Specialties General Medicine
Science

Date 2023 Mar 22

PMID 36947594

Authors

Ruzanna Shkhyan

Candace Flynn

Emma Lamoure

Arijita Sarkar

Benjamin Van Handel

Jinxiu Li

Jesse York

Nicholas Banks

Robert Van der Horst

Nancy Q Liu

Siyoung Lee

Paul Bajaj

Kanagasabai Vadivel

Hans I-Chen Harn

Jade Tassey

Thomas Lozito

Jay R Lieberman

Cheng-Ming Chuong

Mark S Hurtig

Denis Evseenko

Affiliations

Soon will be listed here.

Abstract

Adult mammals are incapable of multitissue regeneration, and augmentation of this potential may shift current therapeutic paradigms. We found that a common co-receptor of interleukin 6 (IL-6) cytokines, glycoprotein 130 (gp130), serves as a major nexus integrating various context-specific signaling inputs to either promote regenerative outcomes or aggravate disease progression. Via genetic and pharmacological experiments in vitro and in vivo, we demonstrated that a signaling tyrosine 814 (Y814) within gp130 serves as a major cellular stress sensor. Mice with constitutively inactivated Y814 (F814) were resistant to surgically induced osteoarthritis as reflected by reduced loss of proteoglycans, reduced synovitis, and synovial fibrosis.

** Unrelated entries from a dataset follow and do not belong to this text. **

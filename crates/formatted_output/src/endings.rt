//! The end of an output (ANSI X3.9-1978, 12.9.5.2 and 13.3).

ghost use Rattle.std.specs.Prelude.{◌≡◌};
ghost use Rattle.f2c_outside.specs.Rows.{rows_of};
ghost use Rattle.edit_rules.specs.Walks.{StandsIn};
ghost use Rattle.formatted_output.specs.Closing.{Closes, Finishes};

use crate::acts::{Stop, Turn, act, turn_of, write_record};
use edit_rules::FormatWalk;
use f2c_outside::devices::Device;
use f2c_outside::unit_table::UnitTable;
use formatted_records::RecordSheet;

/// Does what the format gives behind the last item.
fn close(
    walk: &mut FormatWalk,
    sheet: &mut RecordSheet,
    units: &mut UnitTable,
    unit: i32,
    format: &[u8],
) -> Result<(), Stop>
    requires { StandsIn walk.old format.now }
    ensures { Closes format.now walk.old unit sheet.old sheet.new (rows_of (λ b. (⟦<dyn Device as Device>⟧ b.vtable).device_state b.value) units.old) (rows_of (λ b. (⟦<dyn Device as Device>⟧ b.vtable).device_state b.value) units.new) result }
{
    'edits: loop {
        let edit = walk.next(format, false);
        match turn_of(edit) {
            Turn::Acts => {
                if let Err(stop) = act(sheet, units, unit, format, edit) {
                    return Err(stop);
                }
            }
            _ => return Ok(()),
        }
    }
}

/// Closes an output: its last record is written.
pub(crate) fn finish(
    walk: &mut FormatWalk,
    sheet: &mut RecordSheet,
    units: &mut UnitTable,
    unit: i32,
    format: &[u8],
) -> Result<(), Stop>
    requires { StandsIn walk.old format.now }
    ensures { Finishes format.now walk.old unit sheet.old (rows_of (λ b. (⟦<dyn Device as Device>⟧ b.vtable).device_state b.value) units.old) (rows_of (λ b. (⟦<dyn Device as Device>⟧ b.vtable).device_state b.value) units.new) result }
{
    match close(walk, sheet, units, unit, format) {
        Ok(()) => match write_record(units, unit, sheet.record()) {
            Ok(()) => Ok(()),
            Err(refusal) => Err(Stop::Refused(refusal)),
        },
        Err(stop) => Err(stop),
    }
}
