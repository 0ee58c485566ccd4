//! F07 of INCLUDE: the cards of a file and of those that it includes.

ghost use Rattle.std.specs.Prelude.{◌≡◌, ◌<◌, ◌^◌, length, IfOk, IfSome, List, ℕ};
ghost use Rattle.source_acceptance.specs.SourceFiles.{included_name};
ghost use Rattle.source_reader.specs.Limits.{first_named, value_named, count_in, count_at, added, passes, passing, first_passing};

use crate::mentions::included_name;
use cards::Cards;
use f_tree::{Kind, Refusal, Text};
use fortran_text::Statement;
use std::alloc::{AllocError, Global};
use std::collections::HashMap;

/// The most cards that a file has with those that it includes.
const MOST_CARDS: u64 = 65_536;

/// The values of names: where a name stands more than once, the first.
pub(crate) fn by_name<'a, V: Copy>(
    alloc: Global,
    names: &'a [Text],
    values: &[V],
) -> Result<HashMap<&'a [u8], V>, AllocError>
    requires { length names.now ≡ length values.now }
    ensures { IfOk result (λ map. (name : List ℕ) → value_named map name ≡ first_named names.now values.now name) }
{
    let mut map = HashMap::new(alloc);
    let mut left = names.len();
    while left > 0 {
        left -= 1;
        map.insert(names[left].as_slice(), values[left])?;
    }
    Ok(map)
}

/// How many cards a name counts.
fn count_in(counts: &HashMap<&[u8], u32>, name: &[u8]) -> u32
    ensures { result ≡ count_in counts.now name.now }
{
    counts.get(name).copied().unwrap_or(0)
}

/// How many cards the file counts that a statement includes, if it includes one.
fn count_at(
    alloc: Global,
    counts: &HashMap<&[u8], u32>,
    statement: &Statement,
) -> Result<Option<u32>, AllocError>
    ensures { IfOk result (λ count. count ≡ count_at (count_in counts.now) (included_name statement.now)) }
{
    match included_name(alloc, statement)? {
        Some(name) => Ok(Some(count_in(counts, name.as_slice()))),
        None => Ok(None),
    }
}

/// A sum with what is added to it; none where that is more than the greatest number of cards.
#[tactic(auto, unfolding(fortran_text::specs::FirstFault::most_cards))]
fn added(sum: u64, more: Option<u32>) -> Option<u64>
    requires { sum < 2 ^ 32 }
    ensures value { result ≡ added sum more }
    ensures few { IfSome result (λ n. n < 2 ^ 32) }
{
    match more {
        Some(more) => {
            let sum = sum + u64::from(more);
            if sum > MOST_CARDS { None } else { Some(sum) }
        }
        None => Some(sum),
    }
}

/// The card at which a file passes the greatest number of cards with those that it includes.
fn passes(
    alloc: Global,
    counts: &HashMap<&[u8], u32>,
    cards: &Cards,
) -> Result<Option<u32>, AllocError>
    ensures { IfOk result (λ card. card ≡ passes (count_in counts.now) cards.now.cards cards.now.statements) }
{
    let mut sum = u64::from(cards.cards());
    for statement in cards.statements() {
        match added(sum, count_at(alloc, counts, statement)?) {
            Some(more) => sum = more,
            None => return Ok(Some(statement.card)),
        }
    }
    Ok(None)
}

/// F07 of INCLUDE in a file with a number.
fn passing(
    alloc: Global,
    counts: &HashMap<&[u8], u32>,
    file: usize,
    cards: &Cards,
) -> Result<Option<Refusal>, AllocError>
    ensures { IfOk result (λ refusal. refusal ≡ passing (count_in counts.now) file cards.now) }
{
    match passes(alloc, counts, cards)? {
        Some(card) => Ok(Some(Refusal {
            file,
            card,
            kind: Kind::FileTooLong,
        })),
        None => Ok(None),
    }
}

/// F07 of INCLUDE in the first file that has it.
pub(crate) fn first_passing(
    alloc: Global,
    counts: &HashMap<&[u8], u32>,
    files: &[Cards],
) -> Result<Option<Refusal>, AllocError>
    ensures { IfOk result (λ refusal. refusal ≡ first_passing (count_in counts.now) 0 files.now) }
{
    for (file, cards) in files.iter().enumerate() {
        let found = passing(alloc, counts, file, cards)?;
        if found.is_some() {
            return Ok(found);
        }
    }
    Ok(None)
}
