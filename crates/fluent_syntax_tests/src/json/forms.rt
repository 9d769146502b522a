//! JSON values of trees, and trees of JSON values.

use crate::alike::assert_holds;
use crate::made::owned_tree;
use fluent_syntax::ast::Resource;
use fluent_syntax_json::{ValueFault, form_reads, from_value, to_value};
use serde_json::Value;
use std::alloc::Global;
use std::test::Fail;

/// Whether the tree has the form.
fn has_form(alloc: Global, tree: &Resource<String>, form: &str) -> Result<bool, Fail> {
    let value = to_value(alloc, tree)?;
    Ok(value == Value::from_str(alloc, form)?)
}

/// Whether the tree is what its own form is read as.
fn is_read_back(alloc: Global, tree: &Resource<String>) -> Result<bool, Fail> {
    let value = to_value(alloc, tree)?;
    match from_value(alloc, &value) {
        Ok(back) => Ok(back == *tree),
        Err(_) => Ok(false),
    }
}

/// A text, and the JSON form of its tree.
const TEXT: &str = "# a\n\nk = b{ $x }\n";

const FORM: &str =
    r#"{"body":[{"type":"Comment","content":["a"]},{"type":"Message","id":{"name":"k"},
    "value":{"elements":[{"type":"TextElement","value":"b"},{"type":"Placeable",
    "expression":{"type":"VariableReference","id":{"name":"x"}}}]},"attributes":[],"comment":null}]}"#;

#[test]
fn forms_there_and_back(rt: HostRuntime) -> Result<(), Fail> {
    let alloc = rt.alloc();
    let tree = owned_tree(alloc, TEXT)?;
    let is_so = has_form(alloc, &tree, FORM)? && is_read_back(alloc, &tree)?;
    assert_holds(alloc, "a comment and a message", is_so)
}

/// What the text of a value spells.
fn read(alloc: Global, text: &str) -> Result<Result<Resource<String>, ValueFault>, Fail> {
    let value = Value::from_str(alloc, text)?;
    Ok(from_value(alloc, &value))
}

#[test]
fn values_that_are_no_forms(rt: HostRuntime) -> Result<(), Fail> {
    let alloc = rt.alloc();
    let Ok(tree) = read(
        alloc,
        r#"{"body":[{"type":"Comment","content":"a"}],"x":1}"#,
    )?
    else {
        return assert_holds(alloc, "no tree", false);
    };
    form_reads(&tree);
    let form = r#"{"body":[{"type":"Comment","content":["a"]}]}"#;
    assert_holds(alloc, "an unknown key", has_form(alloc, &tree, form)?)?;
    let is_refused = read(alloc, "{}")? == Err(ValueFault::Shape);
    assert_holds(alloc, "an object without the key", is_refused)
}

/// A message of so many placeables in one another.
fn deep_text(alloc: Global, depth: usize) -> Result<String, Fail> {
    let mut text = String::from_str(alloc, "key = ")?;
    for _ in 0..depth {
        text.push_str("{ ")?;
    }
    text.push_str("$x")?;
    for _ in 0..depth {
        text.push_str(" }")?;
    }
    Ok(text)
}

/// Whether the form's text has more than so many bytes, and is refused by `serde_json`.
fn is_refused(alloc: Global, tree: &Resource<String>, bytes: usize) -> Result<bool, Fail> {
    let written = to_value(alloc, tree)?.to_string(alloc)?;
    Ok(written.len() > bytes && Value::from_str(alloc, written.as_str()).is_err())
}

/// Nested deeper than `serde_json` reads.
#[test]
fn a_deep_value(rt: HostRuntime) -> Result<(), Fail> {
    let alloc = rt.alloc();
    let tree = owned_tree(alloc, deep_text(alloc, 200)?.as_str())?;
    let is_so = is_refused(alloc, &tree, 200 * 20)? && is_read_back(alloc, &tree)?;
    assert_holds(alloc, "a deep value", is_so)
}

The F814 mice also exhibited enhanced regenerative, not reparative, responses after wounding in the skin. In addition, pharmacological modulation of gp130 Y814 upstream of the SRC and MAPK circuit by a small molecule, R805, elicited a protective effect on tissues after injury. Topical administration of R805 on mouse skin wounds resulted in enhanced hair follicle neogenesis and dermal regeneration. Intra-articular administration of R805 to rats after medial meniscal tear and to canines after arthroscopic meniscal release markedly mitigated the appearance of osteoarthritis. Single-cell sequencing data demonstrated that genetic and pharmacological modulation of Y814 resulted in attenuation of inflammatory gene signature as visualized by the anti-inflammatory macrophage and nonpathological fibroblast subpopulations in the skin and joint tissue after injury. Together, our study characterized a molecular mechanism that, if manipulated, enhances the intrinsic regenerative capacity of tissues through suppression of a proinflammatory milieu and prevents pathological outcomes in injury and disease.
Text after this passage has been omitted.